Your assignment:
Lines from the one containing "pub enum After" to the end of the entries below must be reproduced exactly, with both end lines kept and no other line added.

Stored records:
· · · · ·

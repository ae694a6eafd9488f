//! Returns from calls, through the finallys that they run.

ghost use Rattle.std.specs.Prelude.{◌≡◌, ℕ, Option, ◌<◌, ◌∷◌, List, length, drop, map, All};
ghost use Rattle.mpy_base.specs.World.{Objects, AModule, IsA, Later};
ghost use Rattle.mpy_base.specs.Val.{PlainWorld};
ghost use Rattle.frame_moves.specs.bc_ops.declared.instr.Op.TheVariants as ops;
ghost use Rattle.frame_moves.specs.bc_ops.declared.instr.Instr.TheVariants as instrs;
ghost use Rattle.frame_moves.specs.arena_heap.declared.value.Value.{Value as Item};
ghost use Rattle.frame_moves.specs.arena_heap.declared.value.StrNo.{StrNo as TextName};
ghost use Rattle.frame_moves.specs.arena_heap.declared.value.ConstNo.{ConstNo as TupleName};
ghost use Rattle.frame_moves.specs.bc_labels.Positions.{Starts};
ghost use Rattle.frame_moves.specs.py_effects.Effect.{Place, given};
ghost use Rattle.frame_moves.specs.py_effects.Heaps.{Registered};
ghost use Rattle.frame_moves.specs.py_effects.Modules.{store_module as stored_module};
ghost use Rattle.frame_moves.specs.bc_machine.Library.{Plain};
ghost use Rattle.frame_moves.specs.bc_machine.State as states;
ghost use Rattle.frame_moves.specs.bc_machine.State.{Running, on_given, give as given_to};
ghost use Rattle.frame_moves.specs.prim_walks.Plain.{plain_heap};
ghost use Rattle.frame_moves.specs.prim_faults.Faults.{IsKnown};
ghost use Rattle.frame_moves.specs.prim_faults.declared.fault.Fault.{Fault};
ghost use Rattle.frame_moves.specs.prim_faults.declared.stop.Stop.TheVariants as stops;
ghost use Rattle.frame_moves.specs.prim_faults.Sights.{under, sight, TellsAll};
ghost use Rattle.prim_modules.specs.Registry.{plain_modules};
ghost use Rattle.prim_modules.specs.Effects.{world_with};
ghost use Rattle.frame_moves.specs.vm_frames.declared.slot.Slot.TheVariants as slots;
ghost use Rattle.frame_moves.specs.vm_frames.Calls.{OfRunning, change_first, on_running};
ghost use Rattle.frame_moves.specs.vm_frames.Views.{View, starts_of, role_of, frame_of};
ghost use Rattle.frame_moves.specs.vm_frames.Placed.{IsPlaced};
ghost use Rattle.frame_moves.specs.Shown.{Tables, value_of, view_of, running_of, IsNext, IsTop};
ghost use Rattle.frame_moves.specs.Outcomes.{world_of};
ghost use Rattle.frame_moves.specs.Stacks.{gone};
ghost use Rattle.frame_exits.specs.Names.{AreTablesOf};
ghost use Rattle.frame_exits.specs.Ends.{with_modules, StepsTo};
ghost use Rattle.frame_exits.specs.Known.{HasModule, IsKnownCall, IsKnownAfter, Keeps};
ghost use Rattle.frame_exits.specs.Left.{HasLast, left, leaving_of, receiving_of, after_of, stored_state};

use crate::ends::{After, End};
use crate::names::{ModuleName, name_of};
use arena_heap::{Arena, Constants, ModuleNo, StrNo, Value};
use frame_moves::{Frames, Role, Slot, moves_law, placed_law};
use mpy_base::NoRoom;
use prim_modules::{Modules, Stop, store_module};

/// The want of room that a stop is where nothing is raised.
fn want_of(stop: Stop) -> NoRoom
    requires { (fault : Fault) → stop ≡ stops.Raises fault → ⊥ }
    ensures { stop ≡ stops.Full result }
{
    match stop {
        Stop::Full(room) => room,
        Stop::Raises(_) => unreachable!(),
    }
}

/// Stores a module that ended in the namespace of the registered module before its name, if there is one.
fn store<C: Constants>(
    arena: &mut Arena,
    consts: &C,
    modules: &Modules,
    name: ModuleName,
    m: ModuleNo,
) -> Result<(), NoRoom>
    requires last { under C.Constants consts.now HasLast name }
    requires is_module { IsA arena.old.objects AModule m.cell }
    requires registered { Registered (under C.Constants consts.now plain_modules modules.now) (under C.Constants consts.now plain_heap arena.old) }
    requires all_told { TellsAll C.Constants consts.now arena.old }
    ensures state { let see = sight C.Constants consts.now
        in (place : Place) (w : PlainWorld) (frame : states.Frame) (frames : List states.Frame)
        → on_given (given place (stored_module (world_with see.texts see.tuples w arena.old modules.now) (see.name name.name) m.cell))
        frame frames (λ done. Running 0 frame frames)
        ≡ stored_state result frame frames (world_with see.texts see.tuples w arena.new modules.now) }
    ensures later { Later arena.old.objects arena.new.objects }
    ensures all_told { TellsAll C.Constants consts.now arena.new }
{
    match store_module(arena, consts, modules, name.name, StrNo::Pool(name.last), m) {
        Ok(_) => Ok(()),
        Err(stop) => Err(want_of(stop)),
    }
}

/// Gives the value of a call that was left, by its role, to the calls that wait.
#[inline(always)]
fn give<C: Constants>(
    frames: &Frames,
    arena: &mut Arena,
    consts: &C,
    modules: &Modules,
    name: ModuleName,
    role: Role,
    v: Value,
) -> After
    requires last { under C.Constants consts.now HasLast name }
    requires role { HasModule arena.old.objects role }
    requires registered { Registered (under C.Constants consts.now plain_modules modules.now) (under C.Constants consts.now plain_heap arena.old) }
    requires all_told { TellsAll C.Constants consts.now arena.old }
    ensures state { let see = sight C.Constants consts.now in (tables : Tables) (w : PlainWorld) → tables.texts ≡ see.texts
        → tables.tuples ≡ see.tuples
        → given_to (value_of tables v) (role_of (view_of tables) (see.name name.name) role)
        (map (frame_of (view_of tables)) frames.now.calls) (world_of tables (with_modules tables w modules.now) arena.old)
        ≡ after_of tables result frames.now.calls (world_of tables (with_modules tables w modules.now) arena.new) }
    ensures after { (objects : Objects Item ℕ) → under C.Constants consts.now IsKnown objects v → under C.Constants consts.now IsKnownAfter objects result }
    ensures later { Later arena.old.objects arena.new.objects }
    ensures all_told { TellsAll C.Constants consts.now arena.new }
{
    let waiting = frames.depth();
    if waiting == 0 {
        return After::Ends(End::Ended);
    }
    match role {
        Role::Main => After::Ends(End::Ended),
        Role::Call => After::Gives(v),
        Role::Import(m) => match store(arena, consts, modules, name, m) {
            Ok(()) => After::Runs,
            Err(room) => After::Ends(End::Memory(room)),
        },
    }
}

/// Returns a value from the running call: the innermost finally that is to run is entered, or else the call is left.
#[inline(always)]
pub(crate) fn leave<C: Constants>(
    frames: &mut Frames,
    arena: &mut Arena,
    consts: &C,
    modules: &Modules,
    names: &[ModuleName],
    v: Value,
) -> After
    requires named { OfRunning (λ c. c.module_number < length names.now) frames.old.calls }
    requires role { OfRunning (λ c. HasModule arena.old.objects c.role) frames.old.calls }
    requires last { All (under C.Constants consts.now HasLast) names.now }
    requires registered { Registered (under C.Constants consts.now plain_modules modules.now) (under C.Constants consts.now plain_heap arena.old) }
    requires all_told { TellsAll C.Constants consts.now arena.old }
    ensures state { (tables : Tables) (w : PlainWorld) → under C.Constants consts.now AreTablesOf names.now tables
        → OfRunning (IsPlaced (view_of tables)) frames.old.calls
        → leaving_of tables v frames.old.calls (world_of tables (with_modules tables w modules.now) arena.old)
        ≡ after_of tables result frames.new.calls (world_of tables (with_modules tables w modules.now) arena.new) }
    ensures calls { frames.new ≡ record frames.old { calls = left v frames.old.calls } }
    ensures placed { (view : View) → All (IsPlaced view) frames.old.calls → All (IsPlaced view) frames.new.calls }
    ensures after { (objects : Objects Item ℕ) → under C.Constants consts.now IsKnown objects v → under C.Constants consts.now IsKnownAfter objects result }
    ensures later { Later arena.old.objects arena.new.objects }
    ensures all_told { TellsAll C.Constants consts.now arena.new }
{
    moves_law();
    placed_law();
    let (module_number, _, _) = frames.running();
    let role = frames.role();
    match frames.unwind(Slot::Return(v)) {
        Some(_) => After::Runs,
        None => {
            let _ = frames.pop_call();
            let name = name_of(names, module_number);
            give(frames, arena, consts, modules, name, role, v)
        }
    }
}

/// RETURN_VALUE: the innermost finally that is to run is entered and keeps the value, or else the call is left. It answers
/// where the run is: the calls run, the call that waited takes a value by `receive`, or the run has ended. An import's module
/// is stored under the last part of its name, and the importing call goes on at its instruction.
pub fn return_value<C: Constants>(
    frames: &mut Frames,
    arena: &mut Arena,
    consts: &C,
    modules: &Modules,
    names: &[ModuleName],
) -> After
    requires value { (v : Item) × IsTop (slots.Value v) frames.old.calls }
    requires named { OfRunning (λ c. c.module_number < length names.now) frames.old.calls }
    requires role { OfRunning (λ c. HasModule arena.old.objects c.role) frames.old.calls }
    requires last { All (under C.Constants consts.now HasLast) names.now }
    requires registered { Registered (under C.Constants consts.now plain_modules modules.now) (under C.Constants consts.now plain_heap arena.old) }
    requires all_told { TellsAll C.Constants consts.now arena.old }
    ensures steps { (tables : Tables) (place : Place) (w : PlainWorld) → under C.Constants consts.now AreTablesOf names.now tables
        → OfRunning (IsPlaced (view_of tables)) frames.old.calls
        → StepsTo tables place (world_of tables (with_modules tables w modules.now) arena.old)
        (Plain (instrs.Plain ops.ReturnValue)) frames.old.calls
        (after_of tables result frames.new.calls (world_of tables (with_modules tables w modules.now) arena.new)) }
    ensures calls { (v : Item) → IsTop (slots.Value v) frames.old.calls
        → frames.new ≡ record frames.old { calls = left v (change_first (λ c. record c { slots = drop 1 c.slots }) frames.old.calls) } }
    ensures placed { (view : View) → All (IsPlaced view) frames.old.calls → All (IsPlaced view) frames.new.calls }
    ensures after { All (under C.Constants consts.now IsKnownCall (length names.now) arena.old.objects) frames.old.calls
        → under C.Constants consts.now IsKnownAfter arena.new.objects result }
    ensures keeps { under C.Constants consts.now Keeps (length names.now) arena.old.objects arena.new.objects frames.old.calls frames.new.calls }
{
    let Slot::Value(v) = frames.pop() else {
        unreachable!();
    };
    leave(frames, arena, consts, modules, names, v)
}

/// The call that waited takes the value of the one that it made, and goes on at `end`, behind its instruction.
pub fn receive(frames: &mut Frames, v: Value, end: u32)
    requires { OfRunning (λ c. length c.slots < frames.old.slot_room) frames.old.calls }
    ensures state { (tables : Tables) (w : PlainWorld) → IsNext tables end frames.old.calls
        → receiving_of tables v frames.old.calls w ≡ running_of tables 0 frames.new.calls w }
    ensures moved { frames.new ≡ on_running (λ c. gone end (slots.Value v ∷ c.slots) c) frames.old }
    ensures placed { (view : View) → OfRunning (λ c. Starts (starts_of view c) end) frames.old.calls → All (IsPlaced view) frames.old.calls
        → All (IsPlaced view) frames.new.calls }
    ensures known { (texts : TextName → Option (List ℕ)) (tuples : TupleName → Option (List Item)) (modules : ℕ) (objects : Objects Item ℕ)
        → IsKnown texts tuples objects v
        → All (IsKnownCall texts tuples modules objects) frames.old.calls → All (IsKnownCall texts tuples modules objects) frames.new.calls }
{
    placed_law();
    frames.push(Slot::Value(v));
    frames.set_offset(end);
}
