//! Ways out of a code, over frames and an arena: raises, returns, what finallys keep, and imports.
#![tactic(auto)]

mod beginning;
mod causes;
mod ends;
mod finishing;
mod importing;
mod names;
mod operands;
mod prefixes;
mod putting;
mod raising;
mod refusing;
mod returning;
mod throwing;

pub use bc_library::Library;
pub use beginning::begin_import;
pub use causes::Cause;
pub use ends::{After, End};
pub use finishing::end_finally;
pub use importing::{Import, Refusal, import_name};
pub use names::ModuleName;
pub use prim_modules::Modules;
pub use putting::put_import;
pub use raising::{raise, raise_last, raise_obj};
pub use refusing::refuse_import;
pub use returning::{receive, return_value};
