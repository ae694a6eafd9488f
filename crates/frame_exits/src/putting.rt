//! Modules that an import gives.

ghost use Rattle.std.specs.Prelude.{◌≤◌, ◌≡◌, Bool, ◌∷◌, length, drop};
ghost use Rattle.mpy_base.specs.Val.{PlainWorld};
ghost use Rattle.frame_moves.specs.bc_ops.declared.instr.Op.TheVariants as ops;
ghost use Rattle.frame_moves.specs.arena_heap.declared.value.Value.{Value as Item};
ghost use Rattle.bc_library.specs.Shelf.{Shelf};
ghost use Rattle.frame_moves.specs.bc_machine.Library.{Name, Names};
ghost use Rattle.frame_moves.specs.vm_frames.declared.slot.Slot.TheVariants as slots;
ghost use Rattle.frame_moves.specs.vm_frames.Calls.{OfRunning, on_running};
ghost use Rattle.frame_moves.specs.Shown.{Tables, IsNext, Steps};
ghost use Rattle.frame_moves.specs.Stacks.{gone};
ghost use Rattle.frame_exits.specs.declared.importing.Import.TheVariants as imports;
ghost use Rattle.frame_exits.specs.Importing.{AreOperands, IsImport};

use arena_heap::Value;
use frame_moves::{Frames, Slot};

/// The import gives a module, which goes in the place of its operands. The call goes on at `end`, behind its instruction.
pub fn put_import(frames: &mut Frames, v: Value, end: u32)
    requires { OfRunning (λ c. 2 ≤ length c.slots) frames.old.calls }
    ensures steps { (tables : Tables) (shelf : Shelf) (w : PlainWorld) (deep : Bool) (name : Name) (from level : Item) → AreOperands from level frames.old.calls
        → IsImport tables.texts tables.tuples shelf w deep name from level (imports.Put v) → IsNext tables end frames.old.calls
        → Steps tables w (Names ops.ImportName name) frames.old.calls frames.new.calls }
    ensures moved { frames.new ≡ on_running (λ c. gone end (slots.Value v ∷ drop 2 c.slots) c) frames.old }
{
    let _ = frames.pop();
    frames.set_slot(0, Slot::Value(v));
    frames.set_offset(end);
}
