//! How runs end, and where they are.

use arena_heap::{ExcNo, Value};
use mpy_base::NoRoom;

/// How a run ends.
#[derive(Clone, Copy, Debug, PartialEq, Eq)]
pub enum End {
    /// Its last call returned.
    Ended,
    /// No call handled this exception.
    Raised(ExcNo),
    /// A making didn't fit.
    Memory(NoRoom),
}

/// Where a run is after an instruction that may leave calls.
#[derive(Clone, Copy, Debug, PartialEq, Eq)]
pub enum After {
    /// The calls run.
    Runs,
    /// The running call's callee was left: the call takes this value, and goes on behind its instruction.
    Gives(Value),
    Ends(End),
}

· · · · ·

Response:
pub enum After {
    /// The calls run.
    Runs,
    /// The running call's callee was left: the call takes this value, and goes on behind its instruction.
    Gives(Value),
    Ends(End),
}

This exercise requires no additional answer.